▶ **What to do**: Using the records below, copy every line that holds the string "second".

:::

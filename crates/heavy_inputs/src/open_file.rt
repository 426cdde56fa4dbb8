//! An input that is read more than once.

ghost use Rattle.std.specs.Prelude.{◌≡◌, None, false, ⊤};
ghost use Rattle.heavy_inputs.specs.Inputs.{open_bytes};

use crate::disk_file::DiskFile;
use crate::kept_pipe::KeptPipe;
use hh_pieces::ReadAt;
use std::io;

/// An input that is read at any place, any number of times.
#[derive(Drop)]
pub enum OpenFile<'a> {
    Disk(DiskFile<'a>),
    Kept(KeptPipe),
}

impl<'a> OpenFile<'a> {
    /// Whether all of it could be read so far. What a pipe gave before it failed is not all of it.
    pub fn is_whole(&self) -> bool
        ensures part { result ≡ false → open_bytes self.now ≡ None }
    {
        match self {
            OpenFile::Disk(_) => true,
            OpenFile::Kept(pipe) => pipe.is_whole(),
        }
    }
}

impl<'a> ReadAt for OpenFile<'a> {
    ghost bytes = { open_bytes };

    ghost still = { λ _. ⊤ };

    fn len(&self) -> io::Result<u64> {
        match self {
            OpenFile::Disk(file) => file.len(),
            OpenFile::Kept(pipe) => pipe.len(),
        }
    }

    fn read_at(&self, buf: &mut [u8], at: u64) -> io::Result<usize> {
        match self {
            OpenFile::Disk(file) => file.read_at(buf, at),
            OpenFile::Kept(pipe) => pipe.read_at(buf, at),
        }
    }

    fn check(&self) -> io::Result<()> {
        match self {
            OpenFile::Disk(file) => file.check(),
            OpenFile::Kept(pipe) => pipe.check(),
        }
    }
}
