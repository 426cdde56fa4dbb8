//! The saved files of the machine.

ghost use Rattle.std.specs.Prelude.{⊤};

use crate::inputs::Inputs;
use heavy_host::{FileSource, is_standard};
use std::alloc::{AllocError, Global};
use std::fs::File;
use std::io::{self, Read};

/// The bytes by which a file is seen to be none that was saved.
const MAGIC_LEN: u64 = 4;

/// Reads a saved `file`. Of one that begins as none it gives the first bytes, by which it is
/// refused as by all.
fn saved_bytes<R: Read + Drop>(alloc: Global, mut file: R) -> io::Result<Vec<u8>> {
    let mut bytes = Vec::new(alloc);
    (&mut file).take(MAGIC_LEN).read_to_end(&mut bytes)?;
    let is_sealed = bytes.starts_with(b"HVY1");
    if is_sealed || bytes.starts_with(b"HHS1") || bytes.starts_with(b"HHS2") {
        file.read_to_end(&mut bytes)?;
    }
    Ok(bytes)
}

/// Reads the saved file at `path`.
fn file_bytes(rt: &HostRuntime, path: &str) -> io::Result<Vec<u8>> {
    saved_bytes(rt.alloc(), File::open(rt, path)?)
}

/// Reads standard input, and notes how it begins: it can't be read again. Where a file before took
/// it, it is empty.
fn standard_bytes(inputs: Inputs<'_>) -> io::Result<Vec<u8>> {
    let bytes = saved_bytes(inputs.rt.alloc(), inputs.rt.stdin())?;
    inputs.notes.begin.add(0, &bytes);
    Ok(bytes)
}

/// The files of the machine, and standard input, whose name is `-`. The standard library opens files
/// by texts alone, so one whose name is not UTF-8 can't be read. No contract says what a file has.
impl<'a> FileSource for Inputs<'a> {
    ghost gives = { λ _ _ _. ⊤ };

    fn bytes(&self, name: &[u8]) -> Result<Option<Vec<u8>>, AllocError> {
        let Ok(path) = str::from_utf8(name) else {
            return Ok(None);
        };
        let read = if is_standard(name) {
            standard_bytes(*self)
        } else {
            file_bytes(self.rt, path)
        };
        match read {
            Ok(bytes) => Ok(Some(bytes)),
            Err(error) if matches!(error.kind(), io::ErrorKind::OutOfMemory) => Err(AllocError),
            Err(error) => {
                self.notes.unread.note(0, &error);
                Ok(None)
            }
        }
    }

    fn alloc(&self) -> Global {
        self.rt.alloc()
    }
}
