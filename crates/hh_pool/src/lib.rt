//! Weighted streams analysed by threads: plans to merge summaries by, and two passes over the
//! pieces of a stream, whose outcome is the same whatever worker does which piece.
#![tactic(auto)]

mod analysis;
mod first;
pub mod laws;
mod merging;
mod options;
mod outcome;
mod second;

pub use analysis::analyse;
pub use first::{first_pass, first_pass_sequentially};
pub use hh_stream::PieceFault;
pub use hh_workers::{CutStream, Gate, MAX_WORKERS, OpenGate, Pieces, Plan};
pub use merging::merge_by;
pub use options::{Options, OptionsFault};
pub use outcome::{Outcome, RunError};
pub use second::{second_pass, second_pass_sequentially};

:::

▶ **Solution**:
mod second;
pub use second::{second_pass, second_pass_sequentially};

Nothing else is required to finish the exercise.